How to complete this task: Each line in the records below, from the one that contains "pub(crate) struct SkillLeaf" to the one that contains "for a mission.", should be reproduced exactly, the first and last included.

______________________________

use mission::node::Target;

// A skill leaf: its skill, its device and where its mark goes.
#[derive(Clone, Copy)]
pub(crate) struct SkillLeaf {
    pub(crate) skill: u8,
    pub(crate) device: Option<u8>,
    pub(crate) target: Target,
}
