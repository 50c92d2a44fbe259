// An executive made for a mission.
ghost use Rattle.std.specs.Prelude.{◌≡◌, ◌≤◌, length, take, replicate, slice_index_or, Some};
ghost use Rattle.mission.specs.Trees.{Trees, grown};
ghost use Rattle.mission.specs.Missions.{meaning};
ghost use Rattle.rules.specs.Missions.{plan};
ghost use Rattle.sitting.specs.Desks.{fresh_ledger};
ghost use Rattle.sitting.specs.Ends.{past, ends, all_ends};
ghost use Rattle.sitting.specs.declared.memory.Memory.TheVariants.{Nothing};

use crate::executive::Executive;
use crate::leaf_state::LeafState;
use crate::ledger::Ledger;
use crate::memory::Memory;
use mission::mission::Mission;
use mission::node::Node;

// The place past so many trees that begin at a place, by the ends of the places from there on.
fn past(ends: &[u16; 256], kids: u8, from: u16) -> u16
    ensures { result ≡ past kids (λ i. slice_index_or ends.now i 0) from }
{
    let mut at = from;
    for _ in 0..kids {
        at = ends.get(usize::from(at)).copied().unwrap_or(0);
    }
    at
}

// The place behind each node and all below it. A node ends where its last child does, so the last node
// comes first.
pub(crate) fn ends_of(nodes: &[Node]) -> [u16; 256]
    requires { length nodes.now ≤ 256 }
    ensures { (ts : Trees) → grown nodes.now ≡ Some ts → take (length nodes.now) result ≡ all_ends ts 0 }
{
    let mut ends = [0; 256];
    for at in (0..nodes.len()).rev() {
        ends[at] = past(&ends, nodes[at].kids(), at as u16 + 1);
    }
    ends
}

impl Executive {
    // The executive of a mission as it begins: nothing is remembered, no leaf runs, and no line is used.
    pub(crate) fn of(mission: &Mission) -> Executive
        ensures mission { result.mission ≡ mission.now }
        ensures ends { take (length (meaning mission.now).nodes) result.ends ≡ ends (plan mission.now).tree 0 }
        ensures memories { result.memories ≡ replicate 256 Nothing }
        ensures ledger { result.ledger ≡ fresh_ledger }
    {
        Executive {
            mission: *mission,
            ends: ends_of(mission.nodes()),
            memories: [Memory::Nothing; 256],
            ledger: Ledger {
                tick: 0,
                used: 0,
                states: [LeafState::Idle; 64],
                holders: [None; 32],
            },
        }
    }
}
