// A node is entered, and a child with it.
ghost use Rattle.std.specs.Prelude.{◌≡◌};
ghost use Rattle.mission.specs.Missions.{meaning};
ghost use Rattle.mission.specs.Places.{node_at};
ghost use Rattle.sitting.specs.Turns.{stage, descended, next, first_child, entered, is_last};

use crate::executive::Executive;
use crate::frame::Frame;
use crate::kinds::verdict;
use crate::leaf::SkillLeaf;
use crate::table::beyond;
use crate::turn::Turn;
use arrayvec::ArrayVec;
use bank::banks::Bank;
use board::boards::Board;
use board::entering::meets;
use entry::parts::{Ability, Count};
use mission::node::Node;
use rules::line::Line;
use rules::sitting_fault::SittingFault;
use rules::status::Status;

// The frame of a node's first child.
fn first_child(node: u16) -> Frame
    ensures { result ≡ first_child node }
{
    Frame {
        node,
        child: beyond(node, 1),
        number: 0,
    }
}

// Enters a child. No node is deeper than 16 levels, so there is room for its frame.
pub(crate) fn descend(stack: &mut ArrayVec<Frame, 16>, frame: Frame) -> Turn
    ensures { (result, stack.new.items) ≡ descended frame stack.old.items }
{
    match stack.try_push(frame) {
        Ok(()) => Turn::Enter(frame.child),
        Err(_) => Turn::Answer(Status::Fail),
    }
}

impl Executive {
    // The frame of the child after.
    pub(crate) fn next(&self, frame: Frame) -> Frame
        ensures { result ≡ next self.now frame }
    {
        Frame {
            node: frame.node,
            child: self.end(frame.child),
            number: frame.number.saturating_add(1),
        }
    }

    // Are there no children from here on?
    pub(crate) fn is_last(&self, frame: Frame) -> bool
        ensures { result ≡ is_last self.now frame }
    {
        frame.child == self.end(frame.node)
    }

    // Enters a node.
    pub(crate) fn enter<B: Bank, C: Board<Count>, A: Board<Ability>>(
        &mut self,
        stack: &mut ArrayVec<Frame, 16>,
        bank: &mut B,
        counts: &mut C,
        abilities: &mut A,
        trace: &mut [Line],
        at: u16,
    ) -> Result<Turn, SittingFault>
        ensures { (result, stage self.new stack.new.items (B.Bank.skills bank.new) (C.Board.entries counts.new, A.Board.entries abilities.new) trace.new) ≡ entered (node_at (meaning self.old.mission).nodes at) at (stage self.old stack.old.items (B.Bank.skills bank.old) (C.Board.entries counts.old, A.Board.entries abilities.old) trace.old) }
    {
        match self.node(at) {
            Node::Group { .. } => Ok(Turn::Look(Frame {
                node: at,
                child: beyond(beyond(at, 1), self.memory(at).ahead()),
                number: 0,
            })),
            Node::Par { .. } => Ok(Turn::Look(first_child(at))),
            Node::Not | Node::Loop { .. } => Ok(descend(stack, first_child(at))),
            Node::Skill {
                skill,
                device,
                target,
            } => {
                let leaf = SkillLeaf {
                    skill,
                    device,
                    target,
                };
                self.ledger
                    .visit_skill(bank, counts, abilities, trace, leaf)
                    .map(Turn::Answer)
            }
            Node::Count { key, least } => Ok(Turn::Answer(verdict(meets(counts, key, least)))),
            Node::Ability { key, least } => Ok(Turn::Answer(verdict(meets(abilities, key, least)))),
        }
    }
}
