// Skill leaves visited and stopped.
ghost use Rattle.std.specs.Prelude.{◌≡◌};
ghost use Rattle.sitting.specs.Desks.{bench, state_of};
ghost use Rattle.sitting.specs.Acts.{hear, started_leaf, visit_skill, stop_skill};

use crate::leaf::SkillLeaf;
use crate::leaf_state::LeafState;
use crate::ledger::Ledger;
use crate::marks::bring;
use bank::banks::Bank;
use bank::kinds::{Ending, Reply};
use board::boards::Board;
use entry::parts::{Ability, Count};
use rules::line::Line;
use rules::sitting_fault::SittingFault;
use rules::status::Status;
use rules::word::Word;

impl Ledger {
    // Starts the skill of an idle leaf.
    fn start<B: Bank>(
        &mut self,
        bank: &mut B,
        trace: &mut [Line],
        leaf: SkillLeaf,
    ) -> Result<(), SittingFault>
        ensures { (result, bench (B.Bank.skills bank.new) trace.new self.new) ≡ started_leaf leaf.skill leaf.device (bench (B.Bank.skills bank.old) trace.old self.old) }
    {
        bank.start(leaf.skill)?;
        self.begin(leaf.skill, leaf.device);
        self.note(trace, Word::Start, leaf.skill, 0);
        Ok(())
    }

    // What the leaf makes of the bank's reply to its poll.
    fn hear<C: Board<Count>, A: Board<Ability>>(
        &mut self,
        counts: &mut C,
        abilities: &mut A,
        trace: &mut [Line],
        leaf: SkillLeaf,
        reply: Reply,
    ) -> Result<Status, SittingFault>
        ensures { (s : _) → (result, bench s trace.new self.new, (C.Board.entries counts.new, A.Board.entries abilities.new)) ≡ hear (state_of self.old leaf.skill) reply leaf.skill leaf.target (bench s trace.old self.old) (C.Board.entries counts.old, A.Board.entries abilities.old) }
    {
        match (self.state(leaf.skill), reply) {
            (LeafState::Idle, _) => Err(SittingFault::SkillsDiffer),
            (LeafState::Running, Reply::Run) => {
                self.note(trace, Word::Run, leaf.skill, 0);
                Ok(Status::Run)
            }
            (LeafState::Running, Reply::Ended(Ending::Fail)) => {
                self.end(leaf.skill);
                self.note(trace, Word::Fail, leaf.skill, 0);
                Ok(Status::Fail)
            }
            (LeafState::Running, Reply::Ended(Ending::Pass(mark))) => {
                self.end(leaf.skill);
                self.note(trace, Word::Pass, leaf.skill, i32::from(mark));
                if bring(counts, abilities, leaf.target, mark)? {
                    return Ok(Status::Pass);
                }
                self.note(trace, Word::Full, leaf.skill, 0);
                Ok(Status::Fail)
            }
        }
    }

    // Visits a skill leaf.
    pub(crate) fn visit_skill<B: Bank, C: Board<Count>, A: Board<Ability>>(
        &mut self,
        bank: &mut B,
        counts: &mut C,
        abilities: &mut A,
        trace: &mut [Line],
        leaf: SkillLeaf,
    ) -> Result<Status, SittingFault>
        ensures { (result, bench (B.Bank.skills bank.new) trace.new self.new, (C.Board.entries counts.new, A.Board.entries abilities.new)) ≡ visit_skill leaf.skill leaf.device leaf.target (bench (B.Bank.skills bank.old) trace.old self.old) (C.Board.entries counts.old, A.Board.entries abilities.old) }
    {
        if self.state(leaf.skill) == LeafState::Idle {
            if self.is_blocked(leaf.device) {
                self.note(trace, Word::Blocked, leaf.skill, 0);
                return Ok(Status::Fail);
            }
            self.start(bank, trace, leaf)?;
        }
        let reply = bank.poll(leaf.skill)?;
        self.hear(counts, abilities, trace, leaf, reply)
    }

    // Halts a skill if its leaf runs.
    pub(crate) fn stop_skill<B: Bank>(
        &mut self,
        bank: &mut B,
        trace: &mut [Line],
        skill: u8,
    ) -> Result<(), SittingFault>
        ensures { (result, bench (B.Bank.skills bank.new) trace.new self.new) ≡ stop_skill skill (bench (B.Bank.skills bank.old) trace.old self.old) }
    {
        if self.state(skill) == LeafState::Running {
            bank.halt(skill)?;
            self.end(skill);
            self.note(trace, Word::Halt, skill, 0);
        }
        Ok(())
    }
}
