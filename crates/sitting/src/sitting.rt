// A place for a sitting.
ghost use Rattle.sitting.specs.Places.{Seat, Keeps};

use crate::executive::Executive;
use std::marker::Model;

// Whether a sitting is open at the place, its number, the length of the trace that it was opened with,
// and the executive that runs its mission.
#[derive(Drop)]
pub(crate) struct Sitting {
    pub(crate) executive: Executive,
    pub(crate) number: u16,
    pub(crate) length: usize,
    pub(crate) is_open: bool,
}

// What it means by the rules is `place_of`.
impl Model for Sitting {
    ghost Value = { Seat };

    ghost view = { λ s. record { is_open = s.is_open; executive = s.executive; number = s.number; length = s.length } };

    ghost invariant = { λ s. Keeps (record { is_open = s.is_open; executive = s.executive; number = s.number; length = s.length }) };
}
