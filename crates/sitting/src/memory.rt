// The children of a par that have passed and those that have failed, a bit for each.
#[derive(Clone, Copy, PartialEq, Eq, Debug)]
pub(crate) struct Results {
    pub(crate) passed: u32,
    pub(crate) failed: u32,
}

// What a node remembers from one visit to the next.
#[derive(Clone, Copy, PartialEq, Eq, Debug)]
pub(crate) enum Memory {
    Nothing,
    // Of an mseq or mfall: how many nodes of its children it is past.
    Child(u16),
    // Of a par.
    Results(Results),
    // Of a retry or repeat.
    Count(u16),
}
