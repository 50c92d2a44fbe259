use crate::ledger::Ledger;
use crate::memory::Memory;
use mission::mission::Mission;

// What runs a mission: its own copy of it, where the nodes below each node end, what each node
// remembers, and its ledger.
#[derive(Drop)]
pub(crate) struct Executive {
    pub(crate) mission: Mission,
    pub(crate) ends: [u16; 256],
    pub(crate) memories: [Memory; 256],
    pub(crate) ledger: Ledger,
}
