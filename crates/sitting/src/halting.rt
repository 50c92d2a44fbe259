// The halting walk.
ghost use Rattle.std.specs.Prelude.{◌≡◌};
ghost use Rattle.sitting.specs.Halting.{desk, halt_at, halt_range};
ghost use Rattle.sitting.specs.Ruled.{HaltsByTheRules, agreeing, holding};

use crate::executive::Executive;
use crate::memory::Memory;
use bank::banks::Bank;
use mission::node::Node;
use rules::line::Line;
use rules::sitting_fault::SittingFault;

impl Executive {
    // Clears what the node at a place remembers, and halts its skill if that runs.
    fn halt_at<B: Bank>(
        &mut self,
        bank: &mut B,
        trace: &mut [Line],
        at: u16,
    ) -> Result<(), SittingFault>
        ensures { (result, desk self.new (B.Bank.skills bank.new) trace.new) ≡ halt_at at (desk self.old (B.Bank.skills bank.old) trace.old) }
    {
        self.remember(at, Memory::Nothing);
        match self.node(at) {
            Node::Skill { skill, .. } => self.ledger.stop_skill(bank, trace, skill),
            _ => Ok(()),
        }
    }

    // Clears and halts all from one place to another, in order.
    pub(crate) fn halt_range<B: Bank>(
        &mut self,
        bank: &mut B,
        trace: &mut [Line],
        from: u16,
        to: u16,
    ) -> Result<(), SittingFault>
        ensures { (result, desk self.new (B.Bank.skills bank.new) trace.new) ≡ halt_range from to (desk self.old (B.Bank.skills bank.old) trace.old) }
    {
        for at in from..to {
            self.halt_at(bank, trace, at)?;
        }
        Ok(())
    }

    // Halts the root: all that it remembers is cleared, and each running skill is halted in tree order.
    pub(crate) fn halt_root<B: Bank>(
        &mut self,
        bank: &mut B,
        trace: &mut [Line],
    ) -> Result<(), SittingFault>
        ensures stops { HaltsByTheRules agreeing self.old (B.Bank.skills bank.old) trace.old result self.new (B.Bank.skills bank.new) trace.new }
        ensures holds { HaltsByTheRules holding self.old (B.Bank.skills bank.old) trace.old result self.new (B.Bank.skills bank.new) trace.new }
    {
        self.halt_range(bank, trace, 0, self.end(0))
    }
}
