ghost use Rattle.std.specs.Prelude.{◌≡◌, ℕ};
ghost use Rattle.fault.specs.declared.layer.Layer.{Layer as ALayer};

use crate::layer::Layer;

// A refusal of a call: its number, the layer that it comes from, and the line of the text that it
// speaks of (from 1; 0 where no text is read).
// Kept without default bodies: a body of the trait's own would have to hold for every refusal.
pub trait Refusal {
    ghost numbered: { Self → ℕ };

    ghost layered: { Self → ALayer };

    ghost lined: { Self → ℕ };

    fn number(&self) -> u8
        ensures { result ≡ numbered self.now };

    fn layer(&self) -> Layer
        ensures { result ≡ layered self.now };

    fn line(&self) -> u32
        ensures { result ≡ lined self.now };
}
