// The executive: it runs a mission over a bank, two boards and a trace.
#![tactic(auto)]

mod answering;
mod checks;
mod executive;
mod frame;
mod halting;
mod kinds;
mod leaf;
mod leaf_state;
mod ledger;
mod looking;
mod making;
mod marks;
mod memory;
mod notes;
mod places;
mod results;
mod sitting;
mod skills;
mod table;
#[cfg(test)]
mod tests;
mod turn;
mod turns;
mod visiting;
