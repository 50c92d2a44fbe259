// What every refusal has: a number, a layer and a line.
#![tactic(auto)]

pub mod layer;
pub mod refusal;
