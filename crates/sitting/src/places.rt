// A place as it begins.
ghost use Rattle.std.specs.Prelude.{◌≡◌};
ghost use Rattle.rules.specs.Sittings.{shut};
ghost use Rattle.sitting.specs.Places.{place_of};

use crate::executive::Executive;
use crate::sitting::Sitting;
use mission::mission::Mission;

impl Sitting {
    // A place at which no sitting is open.
    pub(crate) fn new() -> Sitting
        ensures { place_of result ≡ shut }
    {
        Sitting {
            executive: Executive::of(&Mission::new()),
            number: 0,
            length: 0,
            is_open: false,
        }
    }
}
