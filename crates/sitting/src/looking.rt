// A node looks at its next child.
ghost use Rattle.std.specs.Prelude.{◌≡◌};
ghost use Rattle.mission.specs.Missions.{meaning};
ghost use Rattle.mission.specs.Places.{node_at};
ghost use Rattle.sitting.specs.Halting.{desk};
ghost use Rattle.sitting.specs.Tables.{beyond};
ghost use Rattle.sitting.specs.Turns.{stage, looked, open_halted, halt_open, par_ends};

use crate::executive::Executive;
use crate::frame::Frame;
use crate::kinds::onward;
use crate::memory::{Memory, Results};
use crate::table::beyond;
use crate::turn::Turn;
use crate::turns::descend;
use arrayvec::ArrayVec;
use bank::banks::Bank;
use mission::node::Node;
use rules::line::Line;
use rules::sitting_fault::SittingFault;
use rules::status::Status;

impl Executive {
    // Halts a child of a par, unless it has a result.
    fn halt_unless<B: Bank>(
        &mut self,
        has_result: bool,
        bank: &mut B,
        trace: &mut [Line],
        child: u16,
    ) -> Result<(), SittingFault>
        ensures { (result, desk self.new (B.Bank.skills bank.new) trace.new) ≡ open_halted has_result child (desk self.old (B.Bank.skills bank.old) trace.old) }
    {
        if has_result {
            return Ok(());
        }
        self.halt_range(bank, trace, child, self.end(child))
    }

    // Halts the children without a result of a par with so many children, in order.
    fn halt_open<B: Bank>(
        &mut self,
        bank: &mut B,
        trace: &mut [Line],
        par: u16,
        kids: u8,
        results: Results,
    ) -> Result<(), SittingFault>
        ensures { (result, desk self.new (B.Bank.skills bank.new) trace.new) ≡ halt_open kids 0 (beyond par 1) results (desk self.old (B.Bank.skills bank.old) trace.old) }
    {
        let mut child = beyond(par, 1);
        for number in 0..kids {
            let end = self.end(child);
            self.halt_unless(results.has(number), bank, trace, child)?;
            child = end;
        }
        Ok(())
    }

    // A par that looked at all its children: where it ends, it halts those without a result.
    fn end_par<B: Bank>(
        &mut self,
        bank: &mut B,
        trace: &mut [Line],
        par: u16,
        kids: u8,
        status: Status,
    ) -> Result<Turn, SittingFault>
        ensures { (K : _) (s : _) → (result, stage self.new K (B.Bank.skills bank.new) s trace.new) ≡ par_ends status kids par (stage self.old K (B.Bank.skills bank.old) s trace.old) }
    {
        if status != Status::Run {
            let results = self.memory(par).results();
            self.halt_open(bank, trace, par, kids, results)?;
            self.remember(par, Memory::Nothing);
        }
        Ok(Turn::Answer(status))
    }

    // A node looks at the child of this frame: it enters the child, goes past it, or has seen all.
    pub(crate) fn look<B: Bank>(
        &mut self,
        stack: &mut ArrayVec<Frame, 16>,
        bank: &mut B,
        trace: &mut [Line],
        frame: Frame,
    ) -> Result<Turn, SittingFault>
        ensures { (s : _) → (result, stage self.new stack.new.items (B.Bank.skills bank.new) s trace.new) ≡ looked (node_at (meaning self.old.mission).nodes frame.node) frame (stage self.old stack.old.items (B.Bank.skills bank.old) s trace.old) }
    {
        match self.node(frame.node) {
            Node::Group { kind, .. } => {
                if self.is_last(frame) {
                    self.remember(frame.node, Memory::Nothing);
                    return Ok(Turn::Answer(onward(kind)));
                }
                Ok(descend(stack, frame))
            }
            Node::Par { kids, need } => {
                let results = self.memory(frame.node).results();
                if self.is_last(frame) {
                    return self.end_par(bank, trace, frame.node, kids, results.verdict(kids, need));
                }
                if results.has(frame.number) {
                    return Ok(Turn::Look(self.next(frame)));
                }
                Ok(descend(stack, frame))
            }
            // No other node looks at its children.
            _ => Ok(Turn::Answer(Status::Fail)),
        }
    }
}
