ghost use Rattle.std.specs.Prelude.{◌≡◌, Some};
ghost use Rattle.fault.specs.Layers.{word as word_of};

use std::fmt;

// The layer that a refusal comes from.
#[derive(Clone, Copy, PartialEq, Eq, Debug)]
pub enum Layer {
    Text,
    Tree,
    Sitting,
    Bank,
    Board,
}

impl Layer {
    // The word by which a refusal's line names the layer.
    // Kept beside Display, which prints it: a public function with a promise of its own.
    pub fn word(self) -> &'static str
        ensures { result.now ≡ word_of self }
    {
        match self {
            Layer::Text => "text",
            Layer::Tree => "tree",
            Layer::Sitting => "sitting",
            Layer::Bank => "bank",
            Layer::Board => "board",
        }
    }
}

// A layer is printed as its word.
impl fmt::Display for Layer {
    ghost output = { λ l. Some (word_of l) };

    fn fmt<W: fmt::Write>(&self, f: &mut fmt::Formatter<W>) -> fmt::Result {
        f.write_str(self.word())
    }
}
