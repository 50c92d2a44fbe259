// A visit of the root: a loop over a plain stack.
ghost use Rattle.std.specs.Prelude.{◌≡◌, []};
ghost use Rattle.sitting.specs.Ruled.{VisitsByTheRules, EntersOnce};
ghost use Rattle.sitting.specs.Turns.{stage, turned, outcome, visited};
ghost use Rattle.sitting.specs.declared.turn.Turn.TheVariants.{Enter as Entering};

use crate::executive::Executive;
use crate::frame::Frame;
use crate::turn::Turn;
use arrayvec::ArrayVec;
use bank::banks::Bank;
use board::boards::Board;
use entry::parts::{Ability, Count};
use rules::line::Line;
use rules::sitting_fault::SittingFault;
use rules::status::Status;

// A node is entered once, looked at once by its parent, answers once and looks once past its last child,
// so a visit of 256 nodes takes fewer turns.
const TURNS: u16 = 1_024;

// The status of the root, once it has answered.
fn outcome(turn: Turn, stack: &ArrayVec<Frame, 16>) -> Option<Status>
    ensures { result ≡ outcome turn stack.now.items }
{
    match turn {
        Turn::Answer(status) => stack.is_empty().then_some(status),
        Turn::Enter(_) | Turn::Look(_) => None,
    }
}

impl Executive {
    // One turn of a visit: one step of the machine over the tables.
    fn take_turn<B: Bank, C: Board<Count>, A: Board<Ability>>(
        &mut self,
        stack: &mut ArrayVec<Frame, 16>,
        bank: &mut B,
        counts: &mut C,
        abilities: &mut A,
        trace: &mut [Line],
        turn: Turn,
    ) -> Result<Turn, SittingFault>
        ensures { (result, stage self.new stack.new.items (B.Bank.skills bank.new) (C.Board.entries counts.new, A.Board.entries abilities.new) trace.new) ≡ turned turn (stage self.old stack.old.items (B.Bank.skills bank.old) (C.Board.entries counts.old, A.Board.entries abilities.old) trace.old) }
    {
        match turn {
            Turn::Enter(at) => self.enter(stack, bank, counts, abilities, trace, at),
            Turn::Look(frame) => self.look(stack, bank, trace, frame),
            Turn::Answer(status) => match stack.pop() {
                Some(frame) => self.hear(bank, trace, frame, status),
                None => Ok(turn),
            },
        }
    }

    // Takes turns until the root has answered.
    fn take_turns<B: Bank, C: Board<Count>, A: Board<Ability>>(
        &mut self,
        bank: &mut B,
        counts: &mut C,
        abilities: &mut A,
        trace: &mut [Line],
    ) -> Result<Status, SittingFault>
        ensures { (K : _) × ((result, stage self.new K (B.Bank.skills bank.new) (C.Board.entries counts.new, A.Board.entries abilities.new) trace.new) ≡ visited 1024 (Entering 0) (stage self.old [] (B.Bank.skills bank.old) (C.Board.entries counts.old, A.Board.entries abilities.old) trace.old)) }
    {
        let mut stack = ArrayVec::new();
        let mut turn = Turn::Enter(0);
        for _ in 0..TURNS {
            if let Some(status) = outcome(turn, &stack) {
                return Ok(status);
            }
            turn = self.take_turn(&mut stack, bank, counts, abilities, trace, turn)?;
        }
        Ok(Status::Fail)
    }

    // Visits the root.
    pub(crate) fn visit<B: Bank, C: Board<Count>, A: Board<Ability>>(
        &mut self,
        bank: &mut B,
        counts: &mut C,
        abilities: &mut A,
        trace: &mut [Line],
    ) -> Result<Status, SittingFault>
        ensures by_the_rules { VisitsByTheRules self.old (B.Bank.skills bank.old) (C.Board.entries counts.old, A.Board.entries abilities.old) trace.old result self.new (B.Bank.skills bank.new) (C.Board.entries counts.new, A.Board.entries abilities.new) trace.new }
        ensures once { EntersOnce self.old (B.Bank.skills bank.old) (C.Board.entries counts.old, A.Board.entries abilities.old) trace.old result self.new (B.Bank.skills bank.new) (C.Board.entries counts.new, A.Board.entries abilities.new) trace.new }
    {
        self.take_turns(bank, counts, abilities, trace)
    }
}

______________________________

Answer to this task:
pub(crate) struct SkillLeaf {
    pub(crate) skill: u8,
    pub(crate) device: Option<u8>,
    pub(crate) target: Target,
}
repository 50c92d2a44fbe259
// An executive made for a mission.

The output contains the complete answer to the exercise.